In Culture Wars or Duke-Bashing, Do Facts Matter?

Have you heard the one about the psychology chair who won't hire Republicans? As it turns out...
July 10, 2008

It's the kind of quote that sums up the worst fears of some conservatives about academe: "No. We don't hire Republicans because they are stupid and we are not. Why should we knowingly hire stupid professors?"

Attributed to a Duke University department chair, the quote has been getting nice play in recent weeks. It appeared June 17 in a column in American Thinker, attributed to the chair of Duke's psychology department. On Monday, the quote was part of a slightly reworked version of the column appearing in The Jerusalem Post, this time with the quote attributed only to "the chairman of one of its major departments." That column in turn was praised Tuesday, with the quote highlighted, in the higher ed blog of The National Review, where the statement was cited as evidence of "just how brazen and arrogant this power grab [of academe, by the left] has become."
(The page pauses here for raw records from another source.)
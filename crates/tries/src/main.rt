// Plans the sheets on standard input, each ended by byte 0, and prints the answer to each; then plans the first of them into a buffer just as long as
// its answer, and into one a byte shorter, and prints number, line and length.
#![tactic(auto)]

ghost use Rattle.std.specs.Prelude.{◌≤◌, length, IfOk};

use std::io;
use std::io::Write;

// The place of the first byte 0 from a place on, or the end.
fn sheet_end(text: &[u8], from: usize) -> usize
    requires { from ≤ length text.now }
    ensures { (from ≤ result) × (result ≤ length text.now) }
{
    for at in from..text.len() {
        if text[at] == 0 {
            return at;
        }
    }
    text.len()
}

// Prints the answer to one sheet, and tells its length.
fn answer<W: Write>(out: &mut W, sheet: &[u8]) -> io::Result<usize>
    ensures { IfOk result (λ length. length ≤ 65536) }
{
    let mut printed = [0u8; 65536];
    let length = planner::answer(sheet, &mut printed);
    out.write_all(&printed[..length])?;
    Ok(length)
}

// Prints a number and a byte after it.
fn tell<W: Write>(out: &mut W, n: u64, stop: u8) -> io::Result<()> {
    write!(out, "{n}")?;
    out.write_all(&[stop])
}

// Prints the number, line and length of planning a sheet into a buffer.
fn tell_plan<W: Write>(out: &mut W, sheet: &[u8], buf: &mut [u8]) -> io::Result<()> {
    match planner::plan(sheet, buf) {
        Ok(length) => {
            tell(out, 0, 9)?;
            tell(out, 0, 9)?;
            tell(out, length as u64, 10)
        }
        Err(refusal) => {
            tell(out, refusal.number, 9)?;
            tell(out, refusal.line as u64, 9)?;
            tell(out, 0, 10)
        }
    }
}

// Plans a sheet into a buffer of so many bytes.
fn plan_into<W: Write>(out: &mut W, sheet: &[u8], length: usize) -> io::Result<()>
    requires { length ≤ 65536 }
{
    let mut buf = [0u8; 65536];
    tell_plan(out, sheet, &mut buf[..length])
}

// Answers the sheets of a text, one after the other.
fn answer_all<W: Write>(out: &mut W, text: &[u8]) -> io::Result<()> {
    let mut at = 0;
    // Stays: the next sheet begins where this one is found to end, so there is no range or iterator to go over.
    while at < text.len() {
        let end = sheet_end(text, at);
        answer(out, &text[at..end])?;
        at = end + 1;
    }
    Ok(())
}

// Tries the sheets of a text.
fn try_all<W: Write>(out: &mut W, text: &[u8]) -> io::Result<()> {
    answer_all(out, text)?;
    let end = sheet_end(text, 0);
    let first = &text[..end];
    let length = answer(out, first)?;
    plan_into(out, first, length)?;
    if 0 < length {
        plan_into(out, first, length - 1)?;
    }
    Ok(())
}

fn main(rt: HostRuntime) -> io::Result<()> {
    let mut text = [0u8; 65536];
    let n = text_streams::read(&mut rt.stdin(), &mut rt.stderr(), &mut text).count;
    try_all(&mut rt.stdout(), &text[..n])
}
As the quote has gained currency, it has also been questioned on blogs such as Notes From Evil Bender and College Freedom, which speculated that the quote was based on a very different quote from a very different chair (philosophy, not psychology).

The author of the much-discussed column is Edward Bernard Glick, an emeritus professor of political science at Temple University. Inside Higher Ed located him to ask for the source of the quote and in an interview Wednesday, Glick confirmed that there is no such quote.

Glick said that he heard a quote on a radio show, while he was washing the dishes, "months and months ago," before he ever thought about writing the column. When he was read the quote that College Freedom suspected he heard, Glick confirmed that that was the quote he had heard -- not the one he wrote.

The real quote appeared in The Duke Chronicle, the student newspaper, in 2004, in an article about complaints by conservative students about what they viewed as the lack of intellectual diversity at the university. The part of the interview that is closest to what Glick wrote is where Robert Brandon, the philosophy chair, says this: "We try to hire the best, smartest people available. If, as John Stuart Mill said, stupid people are generally conservative, then there are lots of conservatives we will never hire. Mill's analysis may go some way towards explaining the power of the Republican party in our society and the relative scarcity of Republicans in academia. Players in the NBA tend to be taller than average. There is a good reason for this. Members of academia tend to be a bit smarter than average. There is a good reason for this too."

That part of the article, however, follows an earlier quote from Brandon, in which he says flatly that his colleagues don't know or care about the politics of colleagues -- and that it would be inappropriate to do so. "I don't know the political affiliation of all of my colleagues in philosophy, nor do I care," Brandon told the student paper. "Our last hire was in the history of modern philosophy. We hired an expert in Kant and Newton. Politics never came up in the interview."

While the part of the interview in which he reflected on Mill has been criticized (but with the quotes correct) in several publications (including a column published by Inside Higher Ed), the central point Brandon made was that there could be no political litmus test for hiring because candidates' views on politics aren't probed. That's different from a policy of refusing to hire Republicans.

Brandon, who is a professor but not the chair of Duke's philosophy department now, said via e-mail that it is "outrageous that Glick totally makes something up and then puts it in quote marks. And then attributes it to someone in psychology (philosophy, psychology, what's the difference?)." He said that the point he was trying to make in the original interview was that "we try to hire the best person available, period. Of course, I cannot speak for all departments everywhere, but that has been my experience."

As for Glick, he said that he wrote "what I thought I heard." He said that it might have been better had he "not named Duke" as the place where the quote originated. Asked if he knew of any department chair anywhere who had uttered the words he used, Glick said "No." But he added that it was still correct. "Do I believe that is true? Yes," he said, adding that he believes that regardless of what department chairs at top universities say or don't say, those in many disciplines will not hire Republicans. "I am convinced that is the climate today."

But for the record, nobody at Duke said that.